* **WORK INSTRUCTION**
Every line of the data must be retyped exactly as it stands.

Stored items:
===============
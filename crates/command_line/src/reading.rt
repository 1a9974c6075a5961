//! The values of options, as `clap` reads them.

ghost use Rattle.std.specs.Prelude.{◌≡◌, true, IfOk, map, string_bytes};
ghost use Rattle.clap.specs.Words.{app_of, found_of, matches_of, rows_of, rule_of, takes};
ghost use Rattle.command_line.specs.Commands.{value_of};
ghost use Rattle.command_line.specs.Reading.{app_for, matched_value, rule_for, words_for};
ghost use Rattle.std.specs.Prelude.{false, IfSome};
ghost use Rattle.command_line.specs.Names.{option_text, value_rule};
ghost use Rattle.command_line.specs.Tests.{IsWithin, number_by};

use crate::command_names::CommandName;
use crate::option_names::OptionName;
use crate::options::value_in;
use clap::error::ErrorKind;
use clap::{Arg, ArgAction, ArgMatches, Command};
use farm_base::NoMemory;
use std::alloc::Global;

/// The command of this name for `clap`: each of its options has to be there.
pub(crate) fn command_for<'a>(alloc: Global, name: CommandName) -> Result<Command<'a>, NoMemory>
    ensures app { IfOk result (λ command. app_of command ≡ app_for name) }
{
    let mut command = Command::new(alloc, name.text());
    for option in name.options() {
        command = command.arg(argument_for(alloc, *option))?;
    }
    Ok(command)
}

// An option for `clap`: it has to be there, and has one value.
fn argument_for<'a>(alloc: Global, option: OptionName) -> Arg<'a>
    ensures rule { rule_of result ≡ rule_for option }
    ensures local { result.global ≡ false }
{
    Arg::new(alloc, option.text())
        .long(option.text())
        .required(true)
        .action(ArgAction::Set)
}

/// The words of a command of this name for `clap`: its options in the order of the table, two words each.
pub(crate) fn words_for<'a>(
    alloc: Global,
    name: CommandName,
    words: &'a [String],
) -> Result<Vec<&'a str>, NoMemory>
    ensures words { IfOk result (λ spelled. map (λ word. word.now) spelled.items ≡ words_for name (λ option. value_of option (map string_bytes words.now))) }
{
    let mut spelled = Vec::new(alloc);
    spelled.push(name.text())?;
    for option in name.options() {
        spelled.push(option.flag())?;
        spelled.push(value_of(option.text(), words))?;
    }
    Ok(spelled)
}

// The value of an option after the first word; an empty text if the option is missing.
fn value_of<'a>(name: &str, words: &'a [String]) -> &'a str
    ensures { result.now ≡ value_of name.now (map string_bytes words.now) }
{
    match words {
        [_, options @ ..] => value_in(name, options),
        [] => "",
    }
}

/// What `clap` matches in words that the command takes.
pub(crate) fn matches_of<'a, 'w>(
    command: &mut Command<'a>,
    words: &'a [&'w str],
) -> Result<ArgMatches<'a>, NoMemory>
    requires taken { takes (app_of command.old) (map (λ word. word.now) words.now) ≡ true }
    ensures rows { IfOk result (λ matches. rows_of (found_of matches) ≡ matches_of (app_of command.old) (map (λ word. word.now) words.now)) }
{
    match command.try_get_matches_from_mut(words) {
        Ok(matches) => Ok(matches),
        Err(error) => match error.kind() {
            ErrorKind::OutOfMemory => Err(NoMemory),
            _ => unreachable!(),
        },
    }
}

/// The value of an option; an empty text if it has none.
pub(crate) fn matched_value<'a>(matches: &ArgMatches<'a>, option: OptionName) -> &'a str
    ensures value { result.now ≡ matched_value matches.now (option_text option) }
{
    matches.get_str(option.text()).unwrap_or("")
}

/// The number that an option has by its rule; `None` if it has none.
pub(crate) fn matched_number(matches: &ArgMatches, option: OptionName) -> Option<u64>
    ensures number { result ≡ number_by (value_rule option) (matched_value matches.now (option_text option)) }
    ensures most { IfSome result (λ number. IsWithin (value_rule option) number) }
{
    option.rule().number(matched_value(matches, option))
}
===============
* **RESPONSE BOX**
filename crates/command_line/src/reading.rt
repository 1a9974c6075a5961
//! The values of options, as `clap` reads them.

ghost use Rattle.std.specs.Prelude.{◌≡◌, true, IfOk, map, string_bytes};
ghost use Rattle.clap.specs.Words.{app_of, found_of, matches_of, rows_of, rule_of, takes};
ghost use Rattle.command_line.specs.Commands.{value_of};
ghost use Rattle.command_line.specs.Reading.{app_for, matched_value, rule_for, words_for};
ghost use Rattle.std.specs.Prelude.{false, IfSome};
ghost use Rattle.command_line.specs.Names.{option_text, value_rule};
ghost use Rattle.command_line.specs.Tests.{IsWithin, number_by};

use crate::command_names::CommandName;
use crate::option_names::OptionName;
use crate::options::value_in;
use clap::error::ErrorKind;
use clap::{Arg, ArgAction, ArgMatches, Command};
use farm_base::NoMemory;
use std::alloc::Global;

/// The command of this name for `clap`: each of its options has to be there.
pub(crate) fn command_for<'a>(alloc: Global, name: CommandName) -> Result<Command<'a>, NoMemory>
    ensures app { IfOk result (λ command. app_of command ≡ app_for name) }
{
    let mut command = Command::new(alloc, name.text());
    for option in name.options() {
        command = command.arg(argument_for(alloc, *option))?;
    }
    Ok(command)
}

// An option for `clap`: it has to be there, and has one value.
fn argument_for<'a>(alloc: Global, option: OptionName) -> Arg<'a>
    ensures rule { rule_of result ≡ rule_for option }
    ensures local { result.global ≡ false }
{
    Arg::new(alloc, option.text())
        .long(option.text())
        .required(true)
        .action(ArgAction::Set)
}

/// The words of a command of this name for `clap`: its options in the order of the table, two words each.
pub(crate) fn words_for<'a>(
    alloc: Global,
    name: CommandName,
    words: &'a [String],
) -> Result<Vec<&'a str>, NoMemory>
    ensures words { IfOk result (λ spelled. map (λ word. word.now) spelled.items ≡ words_for name (λ option. value_of option (map string_bytes words.now))) }
{
    let mut spelled = Vec::new(alloc);
    spelled.push(name.text())?;
    for option in name.options() {
        spelled.push(option.flag())?;
        spelled.push(value_of(option.text(), words))?;
    }
    Ok(spelled)
}

// The value of an option after the first word; an empty text if the option is missing.
fn value_of<'a>(name: &str, words: &'a [String]) -> &'a str
    ensures { result.now ≡ value_of name.now (map string_bytes words.now) }
{
    match words {
        [_, options @ ..] => value_in(name, options),
        [] => "",
    }
}

/// What `clap` matches in words that the command takes.
pub(crate) fn matches_of<'a, 'w>(
    command: &mut Command<'a>,
    words: &'a [&'w str],
) -> Result<ArgMatches<'a>, NoMemory>
    requires taken { takes (app_of command.old) (map (λ word. word.now) words.now) ≡ true }
    ensures rows { IfOk result (λ matches. rows_of (found_of matches) ≡ matches_of (app_of command.old) (map (λ word. word.now) words.now)) }
{
    match command.try_get_matches_from_mut(words) {
        Ok(matches) => Ok(matches),
        Err(error) => match error.kind() {
            ErrorKind::OutOfMemory => Err(NoMemory),
            _ => unreachable!(),
        },
    }
}

/// The value of an option; an empty text if it has none.
pub(crate) fn matched_value<'a>(matches: &ArgMatches<'a>, option: OptionName) -> &'a str
    ensures value { result.now ≡ matched_value matches.now (option_text option) }
{
    matches.get_str(option.text()).unwrap_or("")
}

/// The number that an option has by its rule; `None` if it has none.
pub(crate) fn matched_number(matches: &ArgMatches, option: OptionName) -> Option<u64>
    ensures number { result ≡ number_by (value_rule option) (matched_value matches.now (option_text option)) }
    ensures most { IfSome result (λ number. IsWithin (value_rule option) number) }
{
    option.rule().number(matched_value(matches, option))
}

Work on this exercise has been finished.